San Diego

A website designed to describe all amphibian species was launched last week as part of the efforts of an international task force to promote research into the decline in amphibian populations.

The website (http://www.amphibiaweb.org) is the latest project by members of the Declining Amphibian Populations Task Force, a worldwide organization of about a hundred working groups (each containing 1–20 scientists) studying the amphibians' decline.

Over the next year, the task force intends to issue a CD database that is planned to include all available data on declining amphibian species.

Frog populations have declined over the past decade, particularly in countries such as Costa Rica, Panama and Australia. As evidence of amphibian decline has mounted, fears have grown that the decline is caused by one or more global factors, including increased ionizing radiation from ozone depletion, chemical contamination, pathogens or unknown stress factors.

Amphibians are important for ecological and biodiversity studies, giving information on the ecological impact of global change, sometimes with implications for humans. Formed in 1992, the task force is a grass-roots response to declining amphibian populations.

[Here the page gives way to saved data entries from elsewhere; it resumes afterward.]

// Lines of the funnel, taken at the fronts of the peers that they name.
ghost use Rattle.std.specs.Prelude.{◌≡◌, ◌+◌, ◌-◌, ◌<◌, ◌≤◌, ◌^◌, [], length};
ghost use Rattle.std.specs.Prelude.{slice_index_or, true, false, if◌then◌else◌, IfOk, IfErr, OnOk, OnErr, max};
ghost use Rattle.std.specs.Prelude.{nat_lt, ◌≢◌, ◌↔◌, IsErr, IsErrOf, Contains};
ghost use Rattle.flusher.specs.Faults.{IsLineFault};
ghost use Rattle.flusher.specs.Marks.{IsRaised, IsRaisedBy, IsTakenAt, RefusesGood, RefusesLine, rises};
ghost use Rattle.flusher.specs.Refuses.{RefusesTaking};
ghost use Rattle.flusher.specs.Reports.{KeepsReport};
ghost use Rattle.flusher.specs.Room.{IsCountFull};
ghost use Rattle.flusher.specs.Sent.{SendsNothing};
ghost use Rattle.flusher.specs.Takes.{TakesLine};
ghost use Rattle.note_queue.specs.Words.{front_of};
ghost use Rattle.peer_queue.specs.Front.{IsSame};

use crate::fault::TakeFault;
use crate::front_desk::FrontDesk;
use crate::naming::{TakenAtStations, TakenByIntake};
use crate::pace::{Free, Pace, Place, Who};
use crate::sealing::TakenLine;
use crate::share::IntakeShare;
use crate::tally::Books;
use crate::{Naming, Post, PostFault};
use disk_model::Disk;
use funnel::{FunnelLine, LineFault, read_line};
use std::sync::Wait;
use std::sync::ledger::Share;

impl<D: Disk, N: Naming> Post<D, N> {
    /// Takes a funnel line at the front of each peer that it names, and returns its number, the one after the last.
    ///
    /// # Errors
    /// `CountFull` if the line's number would pass the greatest u64; `NoMemory`; then, for each peer that a valid line
    /// names, in order: `CountFull` if the tally of taken debts has no room for 65,537 more; `Stranger`; the station's.
    /// The peers before the one that refused have taken the line: give it again, and it gets the same number.
    #[tactic(auto, using(crate::proofs::Rises::rises_same))]
    pub fn take_line<R: Wait>(
        &self,
        rt: &R,
        line: &[u8],
        share: &mut IntakeShare<N>,
    ) -> Result<u64, PostFault>
        ensures marks { length share.new.marks ≡ length share.old.marks }
        ensures number { IfOk result (λ n. (n ≡ share.old.last + 1) × (share.new.last ≡ n)) }
        ensures raised { IfOk result
            (λ n. IsRaised n line.now self.now.names share.old.marks share.new.marks) }
        ensures counted { share.new.taken ≡ share.old.taken
            + rises share.old.marks share.new.marks }
        ensures count_full { share.old.last ≡ 2 ^ 64 - 1 → result ≡ Err PostFault.CountFull }
        ensures refuses { IfErr result (λ fault. RefusesLine (share.old.last + 1) line.now
            self.now.names fault share.old.marks share.new.marks) }
        ensures stays { OnErr result (share.new.last ≡ share.old.last) }
    {
        self.take_line_at(rt, line, share, &Free)
    }

    /// Takes a funnel line as [`Post::take_line`] does. The pace is asked before the line's number is shown: until then
    /// no receipt has it, so a flush may run in between.
    ///
    /// # Errors
    /// Those of [`Post::take_line`].
    #[tactic(auto, using(crate::proofs::Rises::rises_same))]
    pub fn take_line_at<P: Pace, R: Wait>(
        &self,
        rt: &R,
        line: &[u8],
        share: &mut IntakeShare<N>,
        pace: &P,
    ) -> Result<u64, PostFault>
        ensures marks { length share.new.marks ≡ length share.old.marks }
        ensures number { IfOk result (λ n. (n ≡ share.old.last + 1) × (share.new.last ≡ n)) }
        ensures raised { IfOk result
            (λ n. IsRaised n line.now self.now.names share.old.marks share.new.marks) }
        ensures counted { share.new.taken ≡ share.old.taken
            + rises share.old.marks share.new.marks }
        ensures count_full { share.old.last ≡ 2 ^ 64 - 1 → result ≡ Err PostFault.CountFull }
        ensures refuses { IfErr result (λ fault. RefusesLine (share.old.last + 1) line.now
            self.now.names fault share.old.marks share.new.marks) }
        ensures stays { OnErr result (share.new.last ≡ share.old.last) }
    {
        let Some(number) = share.last.checked_add(1) else {
            return Err(PostFault::CountFull);
        };
        let shown = &self.last;
        let IntakeShare { taken, marks, last } = share;
        let line = self.take_whole(rt, number, line, taken, marks)?;
        pace.turn(Who::Intake, Place::BeforeShow);
        shown.show(rt, line, last);
        Ok(number)
    }

    // Takes a line of this number at each station whose peer it names. Once it is shown, receipts may have its number.
    #[tactic(auto, using(crate::proofs::Rises::rises_same))]
    fn take_whole<R: Wait>(
        &self,
        rt: &R,
        number: u64,
        line: &[u8],
        taken: &mut Share<TakenByIntake<N>>,
        marks: &mut Vec<u64>,
    ) -> Result<TakenLine, PostFault>
        requires marks { length marks.old.items ≡ length self.now.names }
        requires part { taken.old.parts ≡ 1 }
        ensures number { IfOk result (λ taken. taken.number ≡ number) }
        ensures marks { length marks.new.items ≡ length marks.old.items }
        ensures raised { OnOk result
            (IsRaised number line.now self.now.names marks.old.items marks.new.items) }
        ensures counted { taken.new.amount ≡ taken.old.amount
            + rises marks.old.items marks.new.items }
        ensures refuses { IfErr result (λ fault. RefusesLine number line.now self.now.names fault
            marks.old.items marks.new.items) }
        ensures part { taken.new.parts ≡ 1 }
    {
        self.take_read(rt, number, line, taken, marks)?;
        Ok(TakenLine::raised(self, number, line, marks))
    }

    // Takes a line of this number at each station whose peer it names.
    #[tactic(auto, using(crate::proofs::Rises::rises_same))]
    fn take_read<R: Wait>(
        &self,
        rt: &R,
        number: u64,
        line: &[u8],
        taken: &mut Share<TakenByIntake<N>>,
        marks: &mut Vec<u64>,
    ) -> Result<(), PostFault>
        requires marks { length marks.old.items ≡ length self.now.names }
        requires part { taken.old.parts ≡ 1 }
        ensures marks { length marks.new.items ≡ length marks.old.items }
        ensures raised { OnOk result
            (IsRaised number line.now self.now.names marks.old.items marks.new.items) }
        ensures counted { taken.new.amount ≡ taken.old.amount
            + rises marks.old.items marks.new.items }
        ensures refuses { IfErr result (λ fault. RefusesLine number line.now self.now.names fault
            marks.old.items marks.new.items) }
        ensures part { taken.new.parts ≡ 1 }
    {
        match read_line(self.alloc, line) {
            Ok(line) => self.take_good(rt, number, &line, taken, marks),
            Err(LineFault::NoMemory) => Err(PostFault::NoMemory),
            Err(LineFault::TooLong) => Ok(()),
            Err(LineFault::NoToken) => Ok(()),
            Err(LineFault::BadToken) => Ok(()),
            Err(LineFault::BadId) => Ok(()),
        }
    }

    // Takes a valid line at each station whose peer it names, in order.
    fn take_good<R: Wait>(
        &self,
        rt: &R,
        number: u64,
        line: &FunnelLine,
        taken: &mut Share<TakenByIntake<N>>,
        marks: &mut Vec<u64>,
    ) -> Result<(), PostFault>
        requires marks { length marks.old.items ≡ length self.now.names }
        requires part { taken.old.parts ≡ 1 }
        ensures marks { length marks.new.items ≡ length marks.old.items }
        ensures raised { OnOk result
            (IsRaisedBy number line.now.peers.items self.now.names marks.old.items
            marks.new.items) }
        ensures counted { taken.new.amount ≡ taken.old.amount
            + rises marks.old.items marks.new.items }
        ensures refuses { IfErr result (λ fault. RefusesGood number line.now.peers.items
            self.now.names fault marks.old.items marks.new.items) }
        ensures part { taken.new.parts ≡ 1 }
    {
        for peer in 0..self.peers.len() {
            self.take_named(rt, peer, number, line, taken, marks)?;
        }
        Ok(())
    }

    // Takes a valid line at a station, if the line names its peer.
    fn take_named<R: Wait>(
        &self,
        rt: &R,
        peer: usize,
        number: u64,
        line: &FunnelLine,
        taken: &mut Share<TakenByIntake<N>>,
        marks: &mut Vec<u64>,
    ) -> Result<(), PostFault>
        requires peer { peer < length self.now.names }
        requires marks { length marks.old.items ≡ length self.now.names }
        requires part { taken.old.parts ≡ 1 }
        ensures taken { OnOk result
            (IsTakenAt number line.now.peers.items
            (slice_index_or self.now.names peer []) peer marks.old.items marks.new.items
            taken.old.amount taken.new.amount) }
        ensures unchanged { OnErr result
            ((marks.new.items ≡ marks.old.items) × (taken.new.amount ≡ taken.old.amount)) }
        ensures named { IsErr result
            → Contains line.now.peers.items (slice_index_or self.now.names peer []) }
        ensures kinds { IfErr result (IsLineFault (λ at. at ≡ peer)) }
        ensures part { taken.new.parts ≡ 1 }
    {
        if !line.names(&self.peers[peer].name) {
            return Ok(());
        }
        let mut mark = marks[peer];
        self.take_at(rt, peer, number, line, taken, &mut mark)?;
        marks[peer] = mark;
        Ok(())
    }

    // Takes a valid line at a station, and sends what is unsent there.
    fn take_at<R: Wait>(
        &self,
        rt: &R,
        peer: usize,
        number: u64,
        line: &FunnelLine,
        taken: &mut Share<TakenByIntake<N>>,
        mark: &mut u64,
    ) -> Result<(), PostFault>
        requires peer { peer < length self.now.names }
        requires part { taken.old.parts ≡ 1 }
        ensures marked { OnOk result (mark.new ≡ max mark.old number) }
        ensures counted { OnOk result
            (taken.new.amount ≡ taken.old.amount + (if nat_lt mark.old number then 1 else 0)) }
        ensures unchanged { OnErr result
            ((mark.new ≡ mark.old) × (taken.new.amount ≡ taken.old.amount)) }
        ensures kinds { IfErr result (IsLineFault (λ at. at ≡ peer)) }
        ensures part { taken.new.parts ≡ 1 }
    {
        let mut desk = self.front(rt, peer);
        let before = desk.pending();
        let took = self.take_counted(rt, peer, &mut desk, number, line, taken, mark);
        self.note_half_full(peer, before, desk.pending());
        let _ = self.send(rt, peer, &mut desk);
        took
    }

    // Takes a valid line at a front, and counts it among what was taken.
    fn take_counted<R: Wait>(
        &self,
        rt: &R,
        peer: usize,
        desk: &mut FrontDesk<N>,
        number: u64,
        line: &FunnelLine,
        taken: &mut Share<TakenByIntake<N>>,
        mark: &mut u64,
    ) -> Result<(), PostFault>
        requires part { taken.old.parts ≡ 1 }
        ensures marked { OnOk result (mark.new ≡ max mark.old number) }
        ensures counted { OnOk result
            (taken.new.amount ≡ taken.old.amount + (if nat_lt mark.old number then 1 else 0)) }
        ensures takes { OnOk result (TakesLine mark.old number line.now.token line.now.id
            (front_of desk.old.seat.sender) (front_of desk.new.seat.sender)) }
        ensures unchanged { OnErr result ((mark.new ≡ mark.old)
            × (taken.new.amount ≡ taken.old.amount)
            × IsSame (front_of desk.old.seat.sender) (front_of desk.new.seat.sender)) }
        ensures kinds { IfErr result (IsLineFault (λ at. at ≡ peer)) }
        ensures sends { SendsNothing desk.old.seat desk.new.seat }
        ensures part { taken.new.parts ≡ 1 }
        ensures keeps_report { KeepsReport desk.old desk.new }
    {
        let mut books = self.taken.lock(rt);
        take_in(peer, desk, &mut books, number, line, taken, mark)
    }
}

// Takes a valid line at a front, if its number is above the mark, and counts it in these books.
fn take_in<N: Naming>(
    peer: usize,
    desk: &mut FrontDesk<N>,
    books: &mut Books<TakenByIntake<N>, TakenAtStations<N>>,
    number: u64,
    line: &FunnelLine,
    taken: &mut Share<TakenByIntake<N>>,
    mark: &mut u64,
) -> Result<(), PostFault>
    requires part { taken.old.parts ≡ 1 }
    ensures marked { OnOk result (mark.new ≡ max mark.old number) }
    ensures counted { OnOk result
        (taken.new.amount ≡ taken.old.amount + (if nat_lt mark.old number then 1 else 0)) }
    ensures takes { OnOk result (TakesLine mark.old number line.now.token line.now.id
        (front_of desk.old.seat.sender) (front_of desk.new.seat.sender)) }
    ensures unchanged { OnErr result ((mark.new ≡ mark.old)
        × (taken.new.amount ≡ taken.old.amount)
        × IsSame (front_of desk.old.seat.sender) (front_of desk.new.seat.sender)) }
    ensures refuses { RefusesTaking peer (IsCountFull books.old) mark.old number
        (front_of desk.old.seat.sender) result }
    ensures kinds { IfErr result (IsLineFault (λ at. at ≡ peer)) }
    ensures sends { SendsNothing desk.old.seat desk.new.seat }
    ensures part { taken.new.parts ≡ 1 }
    ensures keeps_report { KeepsReport desk.old desk.new }
{
    if books.is_full() {
        return Err(PostFault::CountFull);
    }
    match desk.take(books, taken, mark, number, line) {
        Ok(()) => Ok(()),
        Err(TakeFault::Stranger) => Err(PostFault::Stranger { peer }),
        Err(TakeFault::Station(fault)) => Err(PostFault::Station { peer, fault }),
    }
}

It has one employee based at the Open University in England, and can be reached through its website (http://www.open.ac.uk/OU/Academic/Biology/J_Baker/JBtxt.htm).

“The task force is a bottom-up organization that started with idealism,” says charter member David Wake, professor of integrative biology at the University of California, Berkeley, and a curator of the university's Museum of Vertebrate Zoology, whose collection forms the core of the group's website.

Wake, the driving force behind the website, said the long-term goal is to develop a page for each of the nearly 5,000 species of frogs, toads, newts, salamanders and caecilians (burrowing, wormlike amphibians).

“The release of amphibiaweb.org is a plea for volunteers,” says Wake. “If scientists see a species missing, help us start a page.”

After six years as chairman of the task force, Ron Heyer, curator of amphibians and reptiles at the National Museum of Natural History in Washington, is stepping down this spring. His successor is expected to be James Hanken, professor of organismic and evolutionary biology at Harvard University and herpetology curator at the university's Museum of Comparative Zoology.

Balloting began last week on Hanken's appointment. The handover of responsibilities is expected to take place in June, when scientists meet in La Paz, Mexico, for the annual conference of the American Society of Ichthyologists and Herpetologists and other organizations.

Reflecting on his tenure, Heyer says that the most important point was that “a consensus was reached that in fact the amphibian population decline and disappearance phenomenon is real.”

There was debate about whether the decline was a cyclical downturn, he says, but studies have convinced amphibian biologists that “something catastrophic was happening”.

A reflection of the growing interest in amphibian studies is a $3 million National Science Foundation grant to 21 investigators last autumn. Headed by James Collins, chair of biology at Arizona State University, the three-year international project will examine the role of host–pathogen biology in the decline of amphibians. Collins says that biologists “not accustomed to big science” projects will be involved in a study involving fields from molecular immunology to global climate change.

“If they answer the research questions they are asking,” says Heyer, “they will give us all the information we need to determine where disease fits in to the amphibian picture.”

There will be a session on amphibian decline at this month's annual meeting of the American Association for the Advancement of Science in Washington.

One study at the meeting will report the discovery of chytrid fungus in salamanders in Arizona. The chytrid fungus is known to kill frogs, and may be one cause of the worldwide decline in frog populations.